Thursday, January 28, 2010

Obama’s State of the Union Message Tells Us Far More About the State of Obama

Barry Rubin
The Rubin Report
28 January '10

Significantly, President Barack Obama’s discussion of foreign policy came only at the end of his State of the Union message. Obviously, domestic matters and especially the economy come first. Yet international affairs are not only vital but often have been the issues on which administrations are judged, no matter how unlikely that seemed at the time.

It is apparently considered impolite to point out that Obama has no previous experience and little knowledge of international affairs. And yet that fact affects the fate of the globe every day. The really interesting question is whether the State of the Union message showed any growth in his ability after one year in office.

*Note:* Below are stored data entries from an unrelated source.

// The witness of a picture.

use answer_words::Explainer;
use apex_types::{Cause, Ordered, View};
use module_config::Config;
use piece_check::Piece;
use report::{Asked, Witness};
use run_view::{Lawful, lawful_of};
use std::alloc::{AllocError, Global};

/// The witness of a picture: it lets the explainer explain what decides a run, and keeps what would have been lawful there.
#[derive(Drop)]
pub struct PictureWitness<'a> {
    alloc: Global,
    explainer: &'a mut Explainer,
    lawful: Result<Vec<Lawful>, AllocError>,
}

impl<'a> PictureWitness<'a> {
    /// A witness that has seen nothing yet.
    pub fn new(alloc: Global, explainer: &'a mut Explainer) -> PictureWitness<'a> {
        PictureWitness {
            alloc,
            explainer,
            lawful: Ok(Vec::new(alloc)),
        }
    }

    /// What would have been lawful, which is nothing if no record was rejected.
    ///
    /// `AllocError` if memory was refused for it.
    pub fn into_lawful(self) -> Result<Vec<Lawful>, AllocError> {
        let PictureWitness {
            alloc: _,
            explainer: _,
            lawful,
        } = self;
        lawful
    }
}

impl Witness for PictureWitness<'_> {
    fn refused(&mut self, config: &Config, piece: &Piece, ordered: &Ordered, cause: Cause) {
        self.explainer
            .explain_rejected(config, piece, ordered, cause);
        self.lawful = lawful_of(self.alloc, config, piece, ordered, cause);
    }

    fn broken(
        &mut self,
        _config: &Config,
        asked: &Asked<'_>,
        ordered: &Ordered,
        view: &View,
        _rule: usize,
    ) {
        self.explainer.explain_broken(asked, ordered, view);
    }
}
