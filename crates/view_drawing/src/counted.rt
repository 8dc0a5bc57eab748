// The figures of a run.

ghost use Rattle.std.specs.Prelude.{◌≡◌, ◌⊎◌, false, length};
ghost use Rattle.order_cert.specs.Kept.{place_of};
ghost use Rattle.placement.specs.Lanes.{AreHonest};
ghost use Rattle.user_rules.specs.Rules.{required_of};
ghost use Rattle.program_ends.specs.declared.ending.Ending.TheVariants.{Own};
ghost use Rattle.program_ends.specs.Endings.{out_of_memory};
ghost use Rattle.shown_run.specs.declared.ending.ViewEnd.TheVariants.{Checked, Unwritten};
ghost use Rattle.shown_run.specs.Endings.{refusing};
ghost use Rattle.shown_run.specs.Shown.{IsShown};
ghost use Rattle.view_drawing.specs.Followed.{outcome_of};

use crate::traced::is_past;
use crate::viewing::{Format, ViewAsked};
use answer_words::{Explainer, note_broken};
use apex_types::{Cause, Ordered};
use csv_rows::TextSource;
use module_config::Config;
use numbers_text::{NumbersFault, write_json, write_text};
use piece_check::Piece;
use placement::Placer;
use program_ends::{Ending, out_of_memory};
use report::{CheckFault, Verdict};
use run_numbers::Numbers;
use shown_run::{FollowFault, Follower, Shown, ViewEnd, follow};
use sink::Sink;
use std::alloc::{AllocError, Global};
use std::sync::Wait;
use user_rules::{Rule, RuleMemory};

/// Shows the figures of a run, up to the record before the one that is rejected, or to the last place that may be counted. If the input has a
/// fault, the figures are those of the records before it.
pub fn show_numbers<R: Wait, S: TextSource, C: TextSource, W: Sink>(
    rt: &R,
    alloc: Global,
    asked: ViewAsked,
    shown: &Shown<'_>,
    memories: &[RuleMemory],
    rules: &[Rule],
    placer: &mut Placer<S, C>,
    explainer: &mut Explainer,
    output: &mut W,
) -> Ending<ViewEnd>
    requires going { placer.old.ended ≡ false }
    requires first { place_of placer.old.kept ≡ 0 }
    requires cores { length placer.old.lanes ≡ shown.now.config.now.cores }
    ensures { AreHonest S.can_fail placer.new.lanes → IsShown (record { recordings = S.can_fail; certificate = C.can_fail }) shown.now.config.now (required_of memories.now rules.now) placer.old result }
{
    let mut counting = Counting {
        config: shown.config,
        last: asked.at,
        numbers: Numbers::new(alloc),
    };
    let followed = follow(
        rt,
        alloc,
        shown.config,
        memories,
        rules,
        placer,
        explainer,
        &mut counting,
    );
    end_numbers(
        alloc,
        asked.format,
        shown,
        &counting.numbers,
        followed,
        explainer,
        output,
    )
}

// Writes the figures of a run that was followed so far, and ends as it does.
fn end_numbers<W: Sink>(
    alloc: Global,
    format: Format,
    shown: &Shown<'_>,
    numbers: &Numbers,
    followed: Result<Verdict, FollowFault<AllocError>>,
    explainer: &mut Explainer,
    output: &mut W,
) -> Ending<ViewEnd>
    ensures { (result ≡ Own Unwritten) ⊎ (result ≡ out_of_memory refusing) ⊎ (result ≡ Own (Checked (outcome_of followed))) }
{
    match followed {
        Ok(verdict) => {
            let outcome = Ok(verdict);
            note_broken(explainer, alloc, shown.options, shown.file, &outcome);
            write_figures(alloc, format, shown.config, numbers, outcome, output)
        }
        Err(FollowFault::Refused(CheckFault::Memory)) => out_of_memory(),
        Err(FollowFault::Refused(fault)) => {
            write_figures(alloc, format, shown.config, numbers, Err(fault), output)
        }
        Err(FollowFault::Stopped(_)) => out_of_memory(),
    }
}

// Writes the figures of a run that came to this outcome.
fn write_figures<W: Sink>(
    alloc: Global,
    format: Format,
    config: &Config,
    numbers: &Numbers,
    outcome: Result<Verdict, CheckFault>,
    output: &mut W,
) -> Ending<ViewEnd>
    ensures { (result ≡ Own Unwritten) ⊎ (result ≡ out_of_memory refusing) ⊎ (result ≡ Own (Checked outcome)) }
{
    let cores = config.cores();
    let written = match format {
        Format::Json => write_json(alloc, cores, numbers, output),
        Format::Html | Format::Svg | Format::Trace | Format::Summary => {
            write_text(alloc, cores, numbers, output)
        }
    };
    match written {
        Ok(()) => Ending::Own(ViewEnd::Checked(outcome)),
        Err(NumbersFault::Memory) => out_of_memory(),
        Err(NumbersFault::Unwritten) => Ending::Own(ViewEnd::Unwritten),
    }
}

// The figures of a run, record by record.
#[derive(Drop)]
struct Counting<'a> {
    config: &'a Config,
    // The last place that is counted, if not all are.
    last: Option<u64>,
    numbers: Numbers,
}

impl<'a> Follower for Counting<'a> {
    type Stop = AllocError;

    fn begin(&mut self, _pieces: &[Piece]) -> Result<(), AllocError> {
        Ok(())
    }

    fn meet(&mut self, pieces: &[Piece], ordered: &Ordered) -> Result<(), AllocError> {
        if is_past(self.last, ordered.pos.number()) {
            return Ok(());
        }
        self.numbers.meet(self.config, pieces, ordered)
    }

    fn accept(&mut self, pieces: &[Piece], ordered: &Ordered) -> Result<(), AllocError> {
        if is_past(self.last, ordered.pos.number()) {
            return Ok(());
        }
        self.numbers.accept(pieces, ordered)
    }

    fn reject(&mut self, _ordered: &Ordered, _cause: Cause) -> Result<(), AllocError> {
        Ok(())
    }
}
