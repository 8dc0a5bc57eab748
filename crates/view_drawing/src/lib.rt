//! A run as it is shown: a stretch of it as a picture, the whole run as a trace, or its figures.
//!
//! Promises: the end is the answer of a check of what is ahead of the placer, or that the output could not be written, or that memory was
//! refused. No clause says what a picture or a trace shows, or which figures are written; what is shown decides nothing.
#![tactic(auto)]

mod counted;
mod page;
mod picture_witness;
mod traced;
mod viewing;

pub use view_trace::Axis;
pub use viewing::{Format, ViewAsked};
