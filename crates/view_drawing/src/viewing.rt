// How a run is shown.

ghost use Rattle.std.specs.Prelude.{◌≡◌, false, length};
ghost use Rattle.order_cert.specs.Kept.{place_of};
ghost use Rattle.placement.specs.Lanes.{AreHonest};
ghost use Rattle.user_rules.specs.Rules.{required_of};
ghost use Rattle.shown_run.specs.Shown.{IsShown};

use crate::counted::show_numbers;
use crate::page::show_picture;
use crate::traced::show_trace;
use answer_words::Explainer;
use csv_rows::TextSource;
use placement::Placer;
use program_ends::Ending;
use shown_run::{Shown, ViewEnd, Viewer};
use sink::Sink;
use std::alloc::Global;
use std::fs::{File, Files};
use std::sync::Wait;
use user_rules::{Rule, RuleMemory};
use view_trace::Axis;

/// What is written.
#[derive(Clone, Copy, Debug, PartialEq, Eq)]
pub enum Format {
    Html,
    Svg,
    Trace,
    /// The figures of the run as text.
    Summary,
    /// The figures of the run as JSON.
    Json,
}

/// How a run should be shown.
#[derive(Clone, Copy, Debug)]
pub struct ViewAsked {
    pub format: Format,
    pub axis: Axis,
    /// The last place that the picture may show with its states, and whose record a trace or the figures may include.
    pub at: Option<u64>,
    /// How many records before its end it shows.
    pub span: usize,
}

impl Viewer for ViewAsked {
    fn show<R, S: TextSource, C: TextSource, W: Sink>(
        &self,
        rt: &R,
        alloc: Global,
        shown: &Shown<'_>,
        memories: &[RuleMemory],
        rules: &[Rule],
        placer: &mut Placer<S, C>,
        explainer: &mut Explainer,
        output: &mut W,
    ) -> Ending<ViewEnd>
    where
        R: Files<File = File> + Wait,
    {
        match self.format {
            Format::Html | Format::Svg => show_picture(
                rt, alloc, *self, shown, memories, rules, placer, explainer, output,
            ),
            Format::Trace => show_trace(
                rt, alloc, *self, shown, memories, rules, placer, explainer, output,
            ),
            Format::Summary | Format::Json => show_numbers(
                rt, alloc, *self, shown, memories, rules, placer, explainer, output,
            ),
        }
    }
}
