//! How a feed is written.
ghost use Rattle.std.specs.Prelude.{OnOk};
ghost use Rattle.std.specs.Io.KnownBytes.{Appends};
ghost use Rattle.eth_frame.specs.FeedRecord.{feed_record};
ghost use Rattle.eth_frame.specs.Views.{frame_data};

use crate::feed::head::encode_head;
use crate::frame::{Frame, FrameHead};
use std::io::Write;
use thiserror::Error;

/// Why a frame's record was not written.
#[derive(Clone, Copy, Debug, PartialEq, Eq, Error)]
pub enum FeedWriteFault {
    /// The output failed, or took no more bytes.
    #[error("Device")]
    Device,
}

/// Writes a frame's record at the end of a feed. After a fault it isn't known how much of the
/// record was written. The output is not flushed.
pub fn write_feed<W: Write>(frame: &Frame<'_>, out: &mut W) -> Result<(), FeedWriteFault>
    ensures appended { OnOk result
        (Appends (W.contents out.old) (W.contents out.new) (feed_record (frame_data frame.now))) }
{
    let head = encode_head(FrameHead::of(frame));
    out.write_all(&head).map_err(|_| FeedWriteFault::Device)?;
    out.write_all(frame.bytes)
        .map_err(|_| FeedWriteFault::Device)
}
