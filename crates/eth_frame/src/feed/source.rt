//! How a feed is read.
ghost use Rattle.std.specs.Prelude.{ℕ, ◌≡◌, ◌↔◌, ◌<◌, ◌⊎◌, length, IsSome, IfSome, IsSomeAnd, OnOk, OnErr, IfErr, None, Ok, false};
ghost use Rattle.std.specs.Io.KnownBytes.{Consumes};
ghost use Rattle.std.specs.Option.{option_map};
ghost use Rattle.eth_frame.specs.Heads.{HasFrameHead};
ghost use Rattle.eth_frame.specs.Feed.{left_of_feed, left_of_source, failures_before};
ghost use Rattle.eth_frame.specs.FeedRecord.{mark_at};
ghost use Rattle.eth_frame.specs.FeedTaking.{TakesRecord};

use crate::buffer::{FrameBuf, fill};
use crate::feed::head::{HEAD_LEN, decode_head, time_of};
use crate::frame::FrameHead;
use crate::source::{FrameSource, Next, SourceEnding, SourceFault};
use std::io::Read;

/// The source of the frames of a feed, which is read from `R`.
///
/// A feed is a record for each frame, one after the other: the counter in 6 bytes, the marks in 1
/// (bit 0: a wrong check sequence; bit 1: another fault; the other bits 0), the length in 2 (18 to
/// 16,383), and then the frame's bytes. A number's lowest byte comes first. The feed ends where a
/// record has ended.
///
/// It reads a record in two pieces, so give it a buffered reader over a file or a device.
#[derive(Debug, Drop)]
pub struct FeedSource<R> {
    reader: R,
    ending: Option<SourceEnding>,
}

impl<R: Read> FeedSource<R> {
    /// The source of the frames that the reader has left. Each error of the reader is
    /// `SourceFault::Device`, also an interrupted read.
    pub fn new(reader: R) -> FeedSource<R>
        ensures told { ⟦<FeedSource<R> as FrameSource>⟧.left result
            ≡ option_map left_of_feed (R.remaining reader) }
        ensures open { ⟦<FeedSource<R> as FrameSource>⟧.ending result ≡ None }
        ensures no_failure { ⟦<FeedSource<R> as FrameSource>⟧.failures result ≡ 0 }
    {
        FeedSource {
            reader,
            ending: None,
        }
    }
}

impl<R: Read> FrameSource for FeedSource<R> {
    ghost left = { λ s. left_of_source s.ending (R.remaining s.reader) };

    ghost failures = { λ s. failures_before s.ending };

    ghost ending = { λ s. s.ending };

    fn next(&mut self, buffer: &mut FrameBuf) -> Result<Next, SourceFault> {
        buffer.clear();
        if let Some(ending) = self.ending {
            return ending.answer();
        }
        let answer = take_record(&mut self.reader, buffer, false);
        self.ending = SourceEnding::of(answer);
        answer
    }

    ghost use Rattle.eth_frame.specs.FeedLaws.{left_once_ended, failed_once_ended};

    ghost nothing_left = { λ s last e. left_once_ended s.ending (R.remaining s.reader) last e };

    ghost device_failed = { λ s. failed_once_ended s.ending (R.remaining s.reader) };
}

/// Takes a whole record from the front of what the reader has left; a time mark too, where there may be some.
pub(super) fn take_record<R: Read>(
    reader: &mut R,
    buffer: &mut FrameBuf,
    timed: bool,
) -> Result<Next, SourceFault>
    requires { buffer.old ≡ None }
    ensures held { IsSome buffer.new ↔ (result ≡ Ok Next.Frame) }
    ensures record { IfSome (R.remaining reader.old) (λ bytes.
        TakesRecord bytes result buffer.new (R.remaining reader.new)) }
    // Of time marks, where there may be some.
    ensures time { timed ≡ false → (counter : ℕ) → ¬ (result ≡ Ok (Next.Time counter)) }
    ensures unmarked { IfErr result (λ fault. (fault ≡ SourceFault.Device)
        ⊎ IfSome (R.remaining reader.old) (λ bytes. mark_at timed bytes ≡ None)) }
{
    let mut bytes = [0; HEAD_LEN];
    let filled = fill(reader, &mut bytes)?;
    if filled == 0 {
        return Ok(Next::End);
    }
    if filled < HEAD_LEN {
        return Err(SourceFault::Truncated);
    }
    if let Some(counter) = mark_of(timed, &bytes) {
        return Ok(Next::Time(counter));
    }
    let head = decode_head(&bytes)?;
    take_body(head, reader, buffer)?;
    Ok(Next::Frame)
}

/// The counter of the time mark that these bytes are, where there may be some.
fn mark_of(timed: bool, bytes: &[u8; HEAD_LEN]) -> Option<u64>
    ensures { result ≡ mark_at timed bytes.now }
{
    if timed { time_of(bytes) } else { None }
}

/// Takes the bytes of the frame with this head, which come next.
fn take_body<R: Read>(
    head: FrameHead,
    reader: &mut R,
    buffer: &mut FrameBuf,
) -> Result<(), SourceFault>
    requires { buffer.old ≡ None }

    // At Ok.
    ensures ok { OnOk result (IsSomeAnd buffer.new (λ frame. HasFrameHead head frame
        × Consumes (R.remaining reader.old) (R.remaining reader.new) frame.bytes)) }

    // At a fault.
    ensures err { OnErr result (buffer.new ≡ None) }
    ensures fault { IfErr result (λ fault. (fault ≡ SourceFault.Device)
        ⊎ ((fault ≡ SourceFault.Truncated)
        × IfSome (R.remaining reader.old) (λ bytes. length bytes < head.len))) }
{
    if buffer.read_frame(head, reader)? {
        Ok(())
    } else {
        Err(SourceFault::Truncated)
    }
}
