//! How a feed is read from a reader with a buffer.
ghost use Rattle.std.specs.Prelude.{ℕ, ◌≡◌, ◌↔◌, ◌≤◌, ◌⊎◌, ◌++◌, List, length, take, IsSome, IfSome, IfErr, None, Some, Ok, false};
ghost use Rattle.std.specs.Option.{option_map};
ghost use Rattle.eth_frame.specs.Feed.{left_of_feed, failures_before};
ghost use Rattle.eth_frame.specs.FeedRecord.{mark_at};
ghost use Rattle.eth_frame.specs.FeedTaking.{TakesRecord};
ghost use Rattle.eth_frame.specs.TimedFeed.{left_of_timed_feed, left_given};

use crate::buffer::FrameBuf;
use crate::feed::head::{HEAD_LEN, decode_head};
use crate::feed::source::take_record;
use crate::source::{FrameSource, Next, SourceEnding, SourceFault};
use std::io::BufRead;

/// The source of the frames of a feed, as `FeedSource`, which is read from a reader with a buffer.
///
/// A record that lies whole in the buffer is taken from there in one step, another one in two pieces.
#[derive(Debug, Drop)]
pub struct BufferedFeedSource<R> {
    reader: R,
    timed: bool,
    ending: Option<SourceEnding>,
}

impl<R: BufRead> BufferedFeedSource<R> {
    /// The source of the frames that the reader has left. Each error of the reader is
    /// `SourceFault::Device`, also an interrupted read.
    pub fn new(reader: R) -> BufferedFeedSource<R>
        ensures told { ⟦<BufferedFeedSource<R> as FrameSource>⟧.left result
            ≡ option_map left_of_feed (R.remaining reader) }
        ensures open { ⟦<BufferedFeedSource<R> as FrameSource>⟧.ending result ≡ None }
        ensures no_failure { ⟦<BufferedFeedSource<R> as FrameSource>⟧.failures result ≡ 0 }
    {
        BufferedFeedSource {
            reader,
            timed: false,
            ending: None,
        }
    }

    /// The source of the frames and the time marks that the reader has left. A time mark is a record
    /// without bytes: its marks and its length are 0.
    pub fn with_times(reader: R) -> BufferedFeedSource<R>
        ensures told { ⟦<BufferedFeedSource<R> as FrameSource>⟧.left result
            ≡ option_map left_of_timed_feed (R.remaining reader) }
        ensures open { ⟦<BufferedFeedSource<R> as FrameSource>⟧.ending result ≡ None }
        ensures no_failure { ⟦<BufferedFeedSource<R> as FrameSource>⟧.failures result ≡ 0 }
    {
        BufferedFeedSource {
            reader,
            timed: true,
            ending: None,
        }
    }
}

impl<R: BufRead> FrameSource for BufferedFeedSource<R> {
    ghost left = { λ s. left_given s.timed s.ending (R.remaining s.reader) };

    ghost failures = { λ s. failures_before s.ending };

    ghost ending = { λ s. s.ending };

    fn next(&mut self, buffer: &mut FrameBuf) -> Result<Next, SourceFault> {
        buffer.clear();
        if let Some(ending) = self.ending {
            return ending.answer();
        }
        let answer = take_buffered(&mut self.reader, buffer, self.timed);
        self.ending = SourceEnding::of(answer);
        answer
    }

    ghost use Rattle.eth_frame.specs.FeedLaws.{given_once_ended, failed_once_given};

    ghost nothing_left = { λ s last e.
        given_once_ended s.timed s.ending (R.remaining s.reader) last e };

    ghost device_failed = { λ s. failed_once_given s.timed s.ending (R.remaining s.reader) };
}

/// Takes a whole record from the front of what the reader has left: in one step if its buffer has all of it.
fn take_buffered<R: BufRead>(
    reader: &mut R,
    buffer: &mut FrameBuf,
    timed: bool,
) -> Result<Next, SourceFault>
    requires { buffer.old ≡ None }
    ensures held { IsSome buffer.new ↔ (result ≡ Ok Next.Frame) }
    ensures record { IfSome (R.remaining reader.old) (λ bytes.
        TakesRecord bytes result buffer.new (R.remaining reader.new)) }
    // Of time marks, where there may be some.
    ensures time { timed ≡ false → (counter : ℕ) → ¬ (result ≡ Ok (Next.Time counter)) }
    ensures unmarked { IfErr result (λ fault. (fault ≡ SourceFault.Device)
        ⊎ IfSome (R.remaining reader.old) (λ bytes. mark_at timed bytes ≡ None)) }
{
    let bytes = match reader.fill_buf() {
        Ok(bytes) => bytes,
        Err(_) => return Err(SourceFault::Device),
    };
    if bytes.is_empty() {
        return Ok(Next::End);
    }
    if let Some(taken) = put_record(bytes, buffer) {
        reader.consume(taken);
        return Ok(Next::Frame);
    }
    take_record(reader, buffer, timed)
}

/// Puts the frame of the record at the front into the buffer, which is empty, if all of the record is
/// there, and returns its length. If not, the buffer stays empty.
fn put_record(bytes: &[u8], buffer: &mut FrameBuf) -> Option<usize>
    requires { buffer.old ≡ None }
    ensures held { IsSome buffer.new ↔ IsSome result }
    ensures count { IfSome result (λ n. n ≤ length bytes.now) }
    ensures record { IfSome result (λ n. (rest : List ℕ) →
        TakesRecord (take n bytes.now ++ rest) (Ok Next.Frame) buffer.new (Some rest)) }
{
    let front = bytes.first_chunk::<HEAD_LEN>()?;
    let Ok(head) = decode_head(front) else {
        return None;
    };
    let end = HEAD_LEN + head.len;
    if bytes.len() < end {
        return None;
    }
    buffer.put(head.with_bytes(&bytes[HEAD_LEN..end]));
    Some(end)
}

Sadly, the answer is “no.”

Here are the themes he expressed.

First, he implies that it is all George W. Bush’s fault, having left him with two wars. Yet there is a strange point here that no one has noticed. These wars, except for Obama's long hesitation about making a decision on Afghanistan, have caused him little trouble or criticism in relative terms. On a list of administration failures during its first year, a long list of other items prevail which cannot be blamed on Bush: embarrassing gaffes, messing up on Iran and the “peace process,” subverting allies in Central Europe, apologizing and undermining U.S. credibility with dictators, mishandling the Islamist terrorist prisoners, and so on.